A Certificate of Merger (LLC-9) shall be executed and acknowledged with original signatures of all the managers (or a lesser
number as provided in the Articles of Organization or the Operating Agreement), and by each constituent foreign limited liability
company and other business entity by those persons required to execute the Certificate of Merger (LLC-9) by the laws under
which the constituent foreign limited liability company or other business entity is formed. Section 1113(g) requires two officers of
a surviving or disappearing corporation to sign the Certificate of Merger (LLC-9).

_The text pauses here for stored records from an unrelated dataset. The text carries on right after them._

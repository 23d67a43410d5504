//! What is told of a run, and to whom.

use text_core::{after, next_line, number_up_to};

/// How much of an answer was written.
#[derive(Clone, Copy)]
pub struct Written {
    /// Its bytes so far.
    pub bytes: u64,
    /// The size of the last section of a certificate, if one was written.
    pub size: Option<u32>,
}

/// The size of a piece that begins a section of a certificate.
fn size_of(piece: &[u8]) -> Option<u32> {
    let Some((line, _, _)) = next_line(piece) else {
        return None;
    };
    match after(b"size ", line) {
        Some(number) => number_up_to(u32::MAX, number),
        None => None,
    }
}

impl Written {
    /// Nothing.
    pub fn nothing() -> Self {
        Written {
            bytes: 0,
            size: None,
        }
    }

    /// What is written once a piece is written too.
    pub fn and(self, piece: &[u8]) -> Self {
        Written {
            bytes: self.bytes.saturating_add(piece.len() as u64),
            size: size_of(piece).or(self.size),
        }
    }
}

/// What a run has done so far.
#[derive(Clone, Copy)]
pub enum Progress {
    /// So many bytes of an input were read.
    Read(u64),
    /// So much of an answer was written.
    Written(Written),
    /// After a further stage a netlist has so many gates.
    Gates(usize),
    /// A round over all roots of windows begins.
    Round,
    /// The windows of a root are attempted next.
    Root {
        /// How many roots a round has behind it.
        done: u32,
        /// How many roots it has.
        all: u32,
    },
    /// A subproblem is searched next.
    Subproblem {
        /// The size of its chains.
        size: u32,
        /// Its number among those that are searched together, from 1.
        number: usize,
        /// How many these are.
        all: usize,
    },
    /// The log of a subproblem has so many lines.
    Logged(usize),
    /// A gate is compared next with an earlier one.
    Compared {
        /// How many gates a round has behind it.
        done: u32,
        /// How many gates it has.
        all: u32,
        /// The comparison is given up after so many conflicts.
        limit: u32,
    },
    /// Text is written next that people see where they see the progress.
    Text,
}

/// Whoever is told of a run's progress.
pub trait Tell {
    /// Hears of it.
    fn tell(&self, progress: Progress);
}

/// Nobody.
#[derive(Clone, Copy)]
pub struct Silent;

impl Tell for Silent {
    fn tell(&self, _progress: Progress) {}
}
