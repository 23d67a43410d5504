//! A question: a header that was checked.
ghost use Rattle.std.specs.Prelude.{◌≡◌, ◌<◌, length};
ghost use Rattle.cert_theory.specs.Certificate.{IsHeader};

use cert_theory::Header;

/// A header whose settings are in range and whose tables have at least one output. The question is whether a chain
/// of at most `header.max` steps over its basis implements its tables.
#[derive(Clone, Copy)]
pub struct Question<'a> {
    pub header: &'a Header,
    ghost checked: { IsHeader header.now },
    ghost output: { 0 < length header.now.spec.on },
}

impl<'a> Question<'a> {
    /// The question of a header.
    pub(crate) fn new(header: &'a Header) -> Question<'a>
        requires checked { IsHeader header.now }
        requires output { 0 < length header.now.spec.on }
        ensures { result.header.now ≡ header.now }
    {
        Question { header }
    }
}
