//! Progress of long work, for people who watch it.
//!
//! A run tells whoever has the trait `Tell` what it has done so far. No clause says what that does, so no answer
//! depends on it: a program that nobody watches tells `Silent`. `WatchedSource` and `WatchedSink` are a source and a
//! sink that tell of the bytes that go through them; contracts see them as those that they wrap.
//!
//! ```text
//! let mut source = WatchedSource::new(source, &tell);
//! ```
#![tactic(auto)]

mod telling;
mod watching;

pub use telling::{Progress, Silent, Tell, Written};
pub use watching::{WatchedSink, WatchedSource};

If the Certificate of Merger (LLC-9) is signed by entity, the person signing for the entity must note the exact entity name, his/her
name, and his/her position/title.
If the Certificate of Merger (LLC-9) is signed by a trust, the Certificate must be signed by a trustee as follows:
________, trustee for __________trust (including the date of the trust, if applicable). Example: Mary Todd, trustee of the Lincoln
Family Trust (U/T/A 5/1/94).
If the surviving entity is a foreign limited liability company in a merger in which a domestic corporation is a disappearing other business
entity, a copy of the agreement of merger and attachments pursuant to Section 1113(g)(1) must be filed at the same time as filing the
Certificate of Merger (LLC-9).
If the surviving entity is a foreign limited liability company or foreign other business entity, the surviving entity shall file with the Secretary
of State (1) an agreement that it may be served in this state in a proceeding for the enforcement of an obligation of any constituent entity
and in a proceeding to enforce the rights of any holder of a dissenting interest or dissenting shares in a constituent domestic limited
liability company or domestic other business entity (Section 17555(g)(1); (2) an irrevocable appointment of the Secretary of State as its
agent for service of process, and an address to which process may be forwarded (Section 17555(g)(2); and (3) agreement that it will
promptly pay the holder of any dissenting interest or dissenting share in a constituent domestic limited liability company or domestic
other business entity the amount to which that person is entitled under California law (Section 17555(g)(3)) .
Each disappearing entity that is taxed pursuant to the Bank and Corporation Tax Law must file a certificate of satisfaction issued by the
Franchise Tax Board indicating that all taxes imposed by that law have been paid or secured before filing a Certificate of Merger (LLC-9).
If a disappearing other business entity is a foreign corporation qualified to transact intrastate business in California, a certificate of
satisfaction from the Franchise Tax Board pursuant to Section 23334 of the Revenue and Taxation Code must be filed with the
Certificate of Merger (LLC-9). By filing the Certificate of Merger (LLC-9), the foreign corporation will automatically surrender its right to
transact intrastate business in California.
Statutory provisions can be found in Section 17552 and 1113(g) of the California Corporations Code, unless otherwise indicated.